[INPUT — start]

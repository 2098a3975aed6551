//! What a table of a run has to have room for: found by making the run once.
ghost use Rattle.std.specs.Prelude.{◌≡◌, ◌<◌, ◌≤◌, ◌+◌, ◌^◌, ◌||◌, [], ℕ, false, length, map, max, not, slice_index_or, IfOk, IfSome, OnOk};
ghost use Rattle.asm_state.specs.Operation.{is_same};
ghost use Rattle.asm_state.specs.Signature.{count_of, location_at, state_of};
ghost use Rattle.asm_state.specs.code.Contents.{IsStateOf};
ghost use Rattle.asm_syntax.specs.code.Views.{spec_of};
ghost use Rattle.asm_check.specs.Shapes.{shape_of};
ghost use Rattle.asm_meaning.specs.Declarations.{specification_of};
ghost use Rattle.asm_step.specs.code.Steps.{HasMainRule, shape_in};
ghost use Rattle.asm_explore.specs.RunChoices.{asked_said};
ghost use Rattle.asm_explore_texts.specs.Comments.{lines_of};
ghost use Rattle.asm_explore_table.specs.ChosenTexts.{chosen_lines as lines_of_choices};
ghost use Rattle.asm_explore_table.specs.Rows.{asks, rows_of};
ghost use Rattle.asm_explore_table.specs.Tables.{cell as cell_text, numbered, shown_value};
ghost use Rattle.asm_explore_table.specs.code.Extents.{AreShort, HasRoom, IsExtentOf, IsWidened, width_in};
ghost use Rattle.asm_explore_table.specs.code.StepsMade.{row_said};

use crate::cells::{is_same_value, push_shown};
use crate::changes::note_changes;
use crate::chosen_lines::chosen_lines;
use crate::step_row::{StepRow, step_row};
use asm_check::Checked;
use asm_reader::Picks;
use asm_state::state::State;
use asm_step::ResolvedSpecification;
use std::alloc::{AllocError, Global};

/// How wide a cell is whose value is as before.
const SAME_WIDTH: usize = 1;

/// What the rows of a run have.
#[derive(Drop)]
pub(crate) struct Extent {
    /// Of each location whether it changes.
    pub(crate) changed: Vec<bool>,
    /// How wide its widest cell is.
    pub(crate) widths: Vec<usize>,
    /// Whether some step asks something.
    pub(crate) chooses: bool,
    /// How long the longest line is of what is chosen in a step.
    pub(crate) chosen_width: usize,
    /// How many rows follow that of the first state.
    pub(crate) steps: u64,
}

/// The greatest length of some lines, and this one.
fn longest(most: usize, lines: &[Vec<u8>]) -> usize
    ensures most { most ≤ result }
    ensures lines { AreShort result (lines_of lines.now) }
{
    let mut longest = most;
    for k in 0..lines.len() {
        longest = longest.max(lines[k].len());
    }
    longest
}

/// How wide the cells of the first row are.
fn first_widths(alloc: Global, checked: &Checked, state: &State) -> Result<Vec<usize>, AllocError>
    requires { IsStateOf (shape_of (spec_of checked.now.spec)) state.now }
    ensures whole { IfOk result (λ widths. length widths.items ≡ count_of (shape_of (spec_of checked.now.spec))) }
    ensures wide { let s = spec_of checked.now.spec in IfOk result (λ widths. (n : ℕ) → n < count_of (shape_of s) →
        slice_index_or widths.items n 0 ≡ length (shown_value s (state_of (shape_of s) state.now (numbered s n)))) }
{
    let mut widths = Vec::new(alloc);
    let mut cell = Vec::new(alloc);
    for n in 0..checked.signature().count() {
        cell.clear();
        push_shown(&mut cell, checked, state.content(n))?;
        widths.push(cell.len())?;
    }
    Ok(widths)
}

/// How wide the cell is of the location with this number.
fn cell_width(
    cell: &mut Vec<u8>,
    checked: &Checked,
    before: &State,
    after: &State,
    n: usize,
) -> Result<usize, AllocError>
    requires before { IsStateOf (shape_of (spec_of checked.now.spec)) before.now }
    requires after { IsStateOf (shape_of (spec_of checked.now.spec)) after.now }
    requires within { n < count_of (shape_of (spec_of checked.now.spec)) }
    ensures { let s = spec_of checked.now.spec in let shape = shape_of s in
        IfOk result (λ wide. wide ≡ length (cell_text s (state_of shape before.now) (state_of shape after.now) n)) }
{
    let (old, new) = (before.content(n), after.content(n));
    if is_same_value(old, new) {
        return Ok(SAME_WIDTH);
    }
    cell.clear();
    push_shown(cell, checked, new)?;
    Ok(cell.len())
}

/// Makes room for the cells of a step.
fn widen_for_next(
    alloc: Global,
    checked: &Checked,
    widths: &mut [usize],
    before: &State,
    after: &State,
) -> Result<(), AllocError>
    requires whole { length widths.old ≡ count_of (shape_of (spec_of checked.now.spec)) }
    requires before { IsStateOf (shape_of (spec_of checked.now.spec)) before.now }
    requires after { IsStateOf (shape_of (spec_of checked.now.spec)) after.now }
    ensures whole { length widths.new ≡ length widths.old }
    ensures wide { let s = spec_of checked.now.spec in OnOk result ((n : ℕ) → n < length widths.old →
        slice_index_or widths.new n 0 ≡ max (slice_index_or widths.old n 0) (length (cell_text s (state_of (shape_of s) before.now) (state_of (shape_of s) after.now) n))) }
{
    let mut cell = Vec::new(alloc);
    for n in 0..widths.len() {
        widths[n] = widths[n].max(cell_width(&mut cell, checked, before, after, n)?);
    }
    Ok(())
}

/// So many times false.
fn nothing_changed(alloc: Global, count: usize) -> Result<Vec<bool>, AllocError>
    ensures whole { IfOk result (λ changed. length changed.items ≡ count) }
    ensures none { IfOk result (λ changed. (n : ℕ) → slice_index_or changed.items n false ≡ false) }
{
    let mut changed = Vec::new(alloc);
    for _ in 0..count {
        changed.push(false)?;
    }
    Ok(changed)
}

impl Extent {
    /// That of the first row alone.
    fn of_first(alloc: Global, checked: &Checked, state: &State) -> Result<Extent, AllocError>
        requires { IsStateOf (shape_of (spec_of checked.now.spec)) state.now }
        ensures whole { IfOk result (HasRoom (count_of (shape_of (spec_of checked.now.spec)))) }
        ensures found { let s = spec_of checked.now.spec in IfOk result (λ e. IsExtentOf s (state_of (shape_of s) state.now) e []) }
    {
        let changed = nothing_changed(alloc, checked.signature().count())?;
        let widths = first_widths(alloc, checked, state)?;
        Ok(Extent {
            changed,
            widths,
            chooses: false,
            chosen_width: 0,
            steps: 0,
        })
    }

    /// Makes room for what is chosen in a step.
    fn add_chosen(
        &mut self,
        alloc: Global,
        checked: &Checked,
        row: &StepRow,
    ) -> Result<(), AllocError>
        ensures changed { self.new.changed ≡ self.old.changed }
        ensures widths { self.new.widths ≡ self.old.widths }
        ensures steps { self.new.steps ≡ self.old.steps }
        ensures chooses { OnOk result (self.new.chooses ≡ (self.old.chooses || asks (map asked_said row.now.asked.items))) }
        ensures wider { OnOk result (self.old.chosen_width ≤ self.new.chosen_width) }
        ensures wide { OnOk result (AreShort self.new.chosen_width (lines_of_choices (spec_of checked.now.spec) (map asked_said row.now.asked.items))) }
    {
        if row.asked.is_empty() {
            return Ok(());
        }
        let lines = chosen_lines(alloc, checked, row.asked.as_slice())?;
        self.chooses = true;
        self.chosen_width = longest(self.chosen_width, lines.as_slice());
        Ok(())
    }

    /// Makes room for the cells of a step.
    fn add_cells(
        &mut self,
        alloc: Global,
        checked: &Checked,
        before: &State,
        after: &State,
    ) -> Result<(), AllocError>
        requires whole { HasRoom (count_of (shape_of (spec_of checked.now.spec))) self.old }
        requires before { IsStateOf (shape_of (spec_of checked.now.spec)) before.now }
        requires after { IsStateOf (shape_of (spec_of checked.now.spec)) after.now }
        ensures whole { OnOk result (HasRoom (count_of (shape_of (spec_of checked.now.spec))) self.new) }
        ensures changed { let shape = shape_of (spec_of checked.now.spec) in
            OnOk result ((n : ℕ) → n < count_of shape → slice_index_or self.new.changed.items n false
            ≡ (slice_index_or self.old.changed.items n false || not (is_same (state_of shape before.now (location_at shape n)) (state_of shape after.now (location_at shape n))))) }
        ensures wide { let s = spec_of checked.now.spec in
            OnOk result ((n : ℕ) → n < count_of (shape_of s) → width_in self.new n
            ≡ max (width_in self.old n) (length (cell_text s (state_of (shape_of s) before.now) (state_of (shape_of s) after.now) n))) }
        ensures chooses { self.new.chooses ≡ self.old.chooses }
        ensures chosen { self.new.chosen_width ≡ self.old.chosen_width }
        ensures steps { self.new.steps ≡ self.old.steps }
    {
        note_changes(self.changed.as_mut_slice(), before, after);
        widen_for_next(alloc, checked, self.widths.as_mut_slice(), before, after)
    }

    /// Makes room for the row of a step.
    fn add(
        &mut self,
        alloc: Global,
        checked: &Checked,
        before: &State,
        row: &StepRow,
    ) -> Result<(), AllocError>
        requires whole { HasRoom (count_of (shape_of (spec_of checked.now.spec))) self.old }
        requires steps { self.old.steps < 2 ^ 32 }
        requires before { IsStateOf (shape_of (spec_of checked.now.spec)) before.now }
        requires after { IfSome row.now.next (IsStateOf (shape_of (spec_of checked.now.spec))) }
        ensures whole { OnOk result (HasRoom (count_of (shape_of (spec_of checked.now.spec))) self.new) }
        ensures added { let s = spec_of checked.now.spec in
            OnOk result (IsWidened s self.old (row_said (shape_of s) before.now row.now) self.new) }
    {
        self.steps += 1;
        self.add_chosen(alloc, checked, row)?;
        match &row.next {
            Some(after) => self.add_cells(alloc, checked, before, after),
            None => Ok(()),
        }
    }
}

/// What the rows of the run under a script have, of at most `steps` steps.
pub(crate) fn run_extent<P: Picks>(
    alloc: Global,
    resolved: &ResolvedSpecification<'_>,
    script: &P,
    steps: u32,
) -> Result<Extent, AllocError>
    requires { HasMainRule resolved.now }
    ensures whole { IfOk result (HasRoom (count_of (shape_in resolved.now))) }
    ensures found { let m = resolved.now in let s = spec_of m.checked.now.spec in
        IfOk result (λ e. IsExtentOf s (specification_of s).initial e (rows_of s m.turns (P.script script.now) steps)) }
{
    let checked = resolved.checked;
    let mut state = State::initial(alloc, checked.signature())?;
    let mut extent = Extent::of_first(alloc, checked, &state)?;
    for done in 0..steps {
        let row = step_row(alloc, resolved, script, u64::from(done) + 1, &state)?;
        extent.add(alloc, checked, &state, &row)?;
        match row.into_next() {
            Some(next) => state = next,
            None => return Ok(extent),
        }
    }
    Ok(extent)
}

[INPUT — finish]
[INPUT — start]

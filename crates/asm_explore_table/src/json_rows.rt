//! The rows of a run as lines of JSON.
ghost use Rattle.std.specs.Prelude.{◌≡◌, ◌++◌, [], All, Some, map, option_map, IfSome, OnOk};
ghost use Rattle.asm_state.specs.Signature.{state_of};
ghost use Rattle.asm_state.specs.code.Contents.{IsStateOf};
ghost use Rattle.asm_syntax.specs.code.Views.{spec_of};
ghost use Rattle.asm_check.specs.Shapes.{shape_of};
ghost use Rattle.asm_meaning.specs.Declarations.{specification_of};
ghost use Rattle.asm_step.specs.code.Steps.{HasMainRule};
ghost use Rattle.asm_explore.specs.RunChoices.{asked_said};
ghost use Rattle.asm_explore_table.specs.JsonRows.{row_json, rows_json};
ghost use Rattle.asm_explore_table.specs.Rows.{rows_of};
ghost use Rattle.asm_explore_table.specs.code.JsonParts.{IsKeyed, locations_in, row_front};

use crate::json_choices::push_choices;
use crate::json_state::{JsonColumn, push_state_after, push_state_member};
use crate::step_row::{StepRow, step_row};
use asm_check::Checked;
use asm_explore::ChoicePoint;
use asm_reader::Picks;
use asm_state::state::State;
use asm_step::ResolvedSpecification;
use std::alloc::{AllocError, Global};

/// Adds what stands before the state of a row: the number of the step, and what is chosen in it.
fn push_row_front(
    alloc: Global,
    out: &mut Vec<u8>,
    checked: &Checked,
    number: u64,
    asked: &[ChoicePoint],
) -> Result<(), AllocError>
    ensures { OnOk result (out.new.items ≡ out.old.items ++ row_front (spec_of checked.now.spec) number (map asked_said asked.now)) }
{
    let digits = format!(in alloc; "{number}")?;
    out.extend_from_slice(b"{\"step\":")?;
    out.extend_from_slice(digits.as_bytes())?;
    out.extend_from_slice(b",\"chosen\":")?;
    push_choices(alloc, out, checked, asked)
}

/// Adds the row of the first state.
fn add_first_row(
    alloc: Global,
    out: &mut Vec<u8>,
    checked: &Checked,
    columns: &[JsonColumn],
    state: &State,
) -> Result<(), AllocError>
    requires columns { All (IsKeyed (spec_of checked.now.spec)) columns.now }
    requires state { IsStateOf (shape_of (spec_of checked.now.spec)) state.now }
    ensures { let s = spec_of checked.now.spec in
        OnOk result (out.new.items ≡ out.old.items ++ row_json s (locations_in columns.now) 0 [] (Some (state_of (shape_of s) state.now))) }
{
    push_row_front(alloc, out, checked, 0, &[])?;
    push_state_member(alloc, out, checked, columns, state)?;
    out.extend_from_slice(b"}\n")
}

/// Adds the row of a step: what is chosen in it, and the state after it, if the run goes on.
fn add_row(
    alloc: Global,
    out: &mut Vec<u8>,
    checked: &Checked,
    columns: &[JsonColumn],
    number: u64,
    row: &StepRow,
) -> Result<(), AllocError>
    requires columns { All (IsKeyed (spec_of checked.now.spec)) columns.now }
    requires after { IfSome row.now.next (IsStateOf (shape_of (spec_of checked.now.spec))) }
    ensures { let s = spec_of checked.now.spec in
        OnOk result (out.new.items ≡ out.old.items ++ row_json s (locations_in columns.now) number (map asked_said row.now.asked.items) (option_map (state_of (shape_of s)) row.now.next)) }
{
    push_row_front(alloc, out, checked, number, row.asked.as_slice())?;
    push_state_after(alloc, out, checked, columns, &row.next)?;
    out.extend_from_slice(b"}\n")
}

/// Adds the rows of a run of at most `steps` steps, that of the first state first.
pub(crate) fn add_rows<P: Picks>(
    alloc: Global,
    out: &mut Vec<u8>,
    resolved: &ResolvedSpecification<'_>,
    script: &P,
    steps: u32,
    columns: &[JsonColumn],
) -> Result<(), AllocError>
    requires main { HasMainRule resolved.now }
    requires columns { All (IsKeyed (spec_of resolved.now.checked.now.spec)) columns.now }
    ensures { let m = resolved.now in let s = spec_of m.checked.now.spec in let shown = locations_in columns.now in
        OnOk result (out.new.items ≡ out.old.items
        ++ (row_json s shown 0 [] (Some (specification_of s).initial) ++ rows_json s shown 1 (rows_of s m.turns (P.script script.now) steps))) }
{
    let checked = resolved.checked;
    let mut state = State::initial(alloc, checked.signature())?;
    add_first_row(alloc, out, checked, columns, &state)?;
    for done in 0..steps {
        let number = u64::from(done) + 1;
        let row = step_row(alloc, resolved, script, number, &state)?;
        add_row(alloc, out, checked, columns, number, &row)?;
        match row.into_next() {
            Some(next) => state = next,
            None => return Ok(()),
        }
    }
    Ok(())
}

[INPUT — finish]
[INPUT — start]

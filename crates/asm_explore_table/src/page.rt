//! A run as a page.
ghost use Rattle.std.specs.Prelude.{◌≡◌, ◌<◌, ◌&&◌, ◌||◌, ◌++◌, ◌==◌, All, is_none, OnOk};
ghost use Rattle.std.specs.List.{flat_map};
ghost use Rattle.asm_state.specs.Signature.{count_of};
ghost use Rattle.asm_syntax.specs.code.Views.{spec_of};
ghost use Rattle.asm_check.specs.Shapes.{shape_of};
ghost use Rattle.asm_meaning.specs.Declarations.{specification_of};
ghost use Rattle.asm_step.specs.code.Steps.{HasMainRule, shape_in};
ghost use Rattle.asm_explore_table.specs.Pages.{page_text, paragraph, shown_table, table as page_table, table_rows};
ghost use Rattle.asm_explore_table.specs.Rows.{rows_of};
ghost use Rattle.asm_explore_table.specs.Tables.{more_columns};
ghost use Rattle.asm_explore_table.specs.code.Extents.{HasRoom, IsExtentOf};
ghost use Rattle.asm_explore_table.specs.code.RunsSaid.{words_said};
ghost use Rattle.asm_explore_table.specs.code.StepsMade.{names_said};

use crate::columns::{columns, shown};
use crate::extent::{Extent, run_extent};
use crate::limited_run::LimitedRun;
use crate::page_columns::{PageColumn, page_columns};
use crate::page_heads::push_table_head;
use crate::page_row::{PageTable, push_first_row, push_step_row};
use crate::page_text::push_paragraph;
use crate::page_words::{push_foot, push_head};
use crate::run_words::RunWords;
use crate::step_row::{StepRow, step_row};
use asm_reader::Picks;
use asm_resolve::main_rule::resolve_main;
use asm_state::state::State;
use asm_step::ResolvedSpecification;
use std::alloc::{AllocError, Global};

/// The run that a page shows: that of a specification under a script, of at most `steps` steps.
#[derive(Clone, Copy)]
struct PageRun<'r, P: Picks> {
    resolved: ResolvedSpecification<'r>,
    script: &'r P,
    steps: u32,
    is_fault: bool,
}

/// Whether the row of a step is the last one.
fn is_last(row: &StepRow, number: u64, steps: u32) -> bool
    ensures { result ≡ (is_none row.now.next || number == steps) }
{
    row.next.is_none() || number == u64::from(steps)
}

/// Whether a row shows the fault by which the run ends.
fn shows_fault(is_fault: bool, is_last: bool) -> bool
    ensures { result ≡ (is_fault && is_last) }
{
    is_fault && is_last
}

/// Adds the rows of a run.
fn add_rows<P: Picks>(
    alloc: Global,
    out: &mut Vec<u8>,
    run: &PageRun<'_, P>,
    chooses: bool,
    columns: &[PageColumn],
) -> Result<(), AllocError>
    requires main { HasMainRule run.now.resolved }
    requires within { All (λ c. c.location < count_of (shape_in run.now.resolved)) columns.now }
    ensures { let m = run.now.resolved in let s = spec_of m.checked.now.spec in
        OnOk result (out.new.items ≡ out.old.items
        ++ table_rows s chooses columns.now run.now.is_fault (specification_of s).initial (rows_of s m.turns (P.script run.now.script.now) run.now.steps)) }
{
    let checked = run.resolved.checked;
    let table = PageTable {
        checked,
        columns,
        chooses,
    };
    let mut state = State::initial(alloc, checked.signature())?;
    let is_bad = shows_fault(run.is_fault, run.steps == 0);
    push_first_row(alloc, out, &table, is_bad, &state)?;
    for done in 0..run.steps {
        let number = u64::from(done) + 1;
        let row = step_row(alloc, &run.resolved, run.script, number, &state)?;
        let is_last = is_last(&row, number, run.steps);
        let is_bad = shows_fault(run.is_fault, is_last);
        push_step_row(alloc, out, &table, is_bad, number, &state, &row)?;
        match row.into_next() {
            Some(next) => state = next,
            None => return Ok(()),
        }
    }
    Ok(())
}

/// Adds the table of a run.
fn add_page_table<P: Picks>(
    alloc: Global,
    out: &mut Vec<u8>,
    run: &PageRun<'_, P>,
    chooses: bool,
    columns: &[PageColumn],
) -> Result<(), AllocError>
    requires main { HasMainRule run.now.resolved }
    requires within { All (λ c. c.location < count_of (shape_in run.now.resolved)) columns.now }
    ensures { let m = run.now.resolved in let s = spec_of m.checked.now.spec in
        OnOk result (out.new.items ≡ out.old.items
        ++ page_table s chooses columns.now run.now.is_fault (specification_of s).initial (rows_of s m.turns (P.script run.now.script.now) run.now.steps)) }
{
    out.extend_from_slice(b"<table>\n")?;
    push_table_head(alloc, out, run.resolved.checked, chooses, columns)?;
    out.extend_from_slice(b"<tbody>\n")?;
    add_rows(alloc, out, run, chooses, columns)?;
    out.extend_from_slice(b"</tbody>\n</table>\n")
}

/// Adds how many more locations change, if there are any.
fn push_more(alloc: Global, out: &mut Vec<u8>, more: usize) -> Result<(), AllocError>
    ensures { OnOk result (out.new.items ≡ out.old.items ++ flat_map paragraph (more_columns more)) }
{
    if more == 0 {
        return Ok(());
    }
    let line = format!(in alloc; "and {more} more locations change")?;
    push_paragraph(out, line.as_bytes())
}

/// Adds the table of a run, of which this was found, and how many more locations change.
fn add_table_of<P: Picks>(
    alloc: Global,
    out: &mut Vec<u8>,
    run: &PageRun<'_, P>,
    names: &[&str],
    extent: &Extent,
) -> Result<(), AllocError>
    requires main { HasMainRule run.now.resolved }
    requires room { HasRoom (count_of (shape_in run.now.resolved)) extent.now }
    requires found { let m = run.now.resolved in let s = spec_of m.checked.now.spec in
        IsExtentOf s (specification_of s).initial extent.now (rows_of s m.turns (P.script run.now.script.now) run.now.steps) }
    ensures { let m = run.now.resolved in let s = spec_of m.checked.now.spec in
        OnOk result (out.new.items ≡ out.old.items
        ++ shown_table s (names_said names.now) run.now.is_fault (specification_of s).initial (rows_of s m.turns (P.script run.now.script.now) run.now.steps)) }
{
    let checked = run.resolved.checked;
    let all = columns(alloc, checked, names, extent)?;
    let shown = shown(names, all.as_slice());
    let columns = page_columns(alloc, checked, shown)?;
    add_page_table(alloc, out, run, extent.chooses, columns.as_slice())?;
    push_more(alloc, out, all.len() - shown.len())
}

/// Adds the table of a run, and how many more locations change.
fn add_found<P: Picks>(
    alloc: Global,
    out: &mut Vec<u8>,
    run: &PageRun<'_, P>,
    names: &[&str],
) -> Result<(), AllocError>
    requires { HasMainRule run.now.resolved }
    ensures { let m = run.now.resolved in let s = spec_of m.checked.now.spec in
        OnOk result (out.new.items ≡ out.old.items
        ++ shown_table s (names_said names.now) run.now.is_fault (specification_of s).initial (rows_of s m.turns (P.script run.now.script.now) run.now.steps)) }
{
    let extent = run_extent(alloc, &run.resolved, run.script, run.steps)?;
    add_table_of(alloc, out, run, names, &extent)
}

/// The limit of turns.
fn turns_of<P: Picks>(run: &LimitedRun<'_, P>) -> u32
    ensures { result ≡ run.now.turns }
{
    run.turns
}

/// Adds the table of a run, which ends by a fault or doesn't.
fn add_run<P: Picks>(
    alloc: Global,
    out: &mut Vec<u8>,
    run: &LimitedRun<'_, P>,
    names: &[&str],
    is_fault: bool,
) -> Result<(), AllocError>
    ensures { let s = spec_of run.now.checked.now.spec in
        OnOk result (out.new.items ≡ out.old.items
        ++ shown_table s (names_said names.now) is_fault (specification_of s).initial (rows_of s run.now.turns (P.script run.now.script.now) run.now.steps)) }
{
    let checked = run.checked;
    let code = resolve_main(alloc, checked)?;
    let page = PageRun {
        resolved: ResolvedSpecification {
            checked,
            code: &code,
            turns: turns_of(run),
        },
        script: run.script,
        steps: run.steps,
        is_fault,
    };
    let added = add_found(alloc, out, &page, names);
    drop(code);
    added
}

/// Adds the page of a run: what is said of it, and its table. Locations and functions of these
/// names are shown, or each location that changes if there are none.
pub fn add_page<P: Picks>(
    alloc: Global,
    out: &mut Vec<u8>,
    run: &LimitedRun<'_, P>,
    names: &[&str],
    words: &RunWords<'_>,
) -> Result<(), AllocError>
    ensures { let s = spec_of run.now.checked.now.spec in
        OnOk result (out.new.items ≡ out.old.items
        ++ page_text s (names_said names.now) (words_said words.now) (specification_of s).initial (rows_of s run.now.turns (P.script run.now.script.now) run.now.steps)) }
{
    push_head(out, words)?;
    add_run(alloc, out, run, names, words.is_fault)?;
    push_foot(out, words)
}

[INPUT — finish]

EXERCISE BRIEF: Every line in the data above that contains the word "initial" counts; report how many there are and nothing more.

OUTPUT OF THE EXERCISE: 12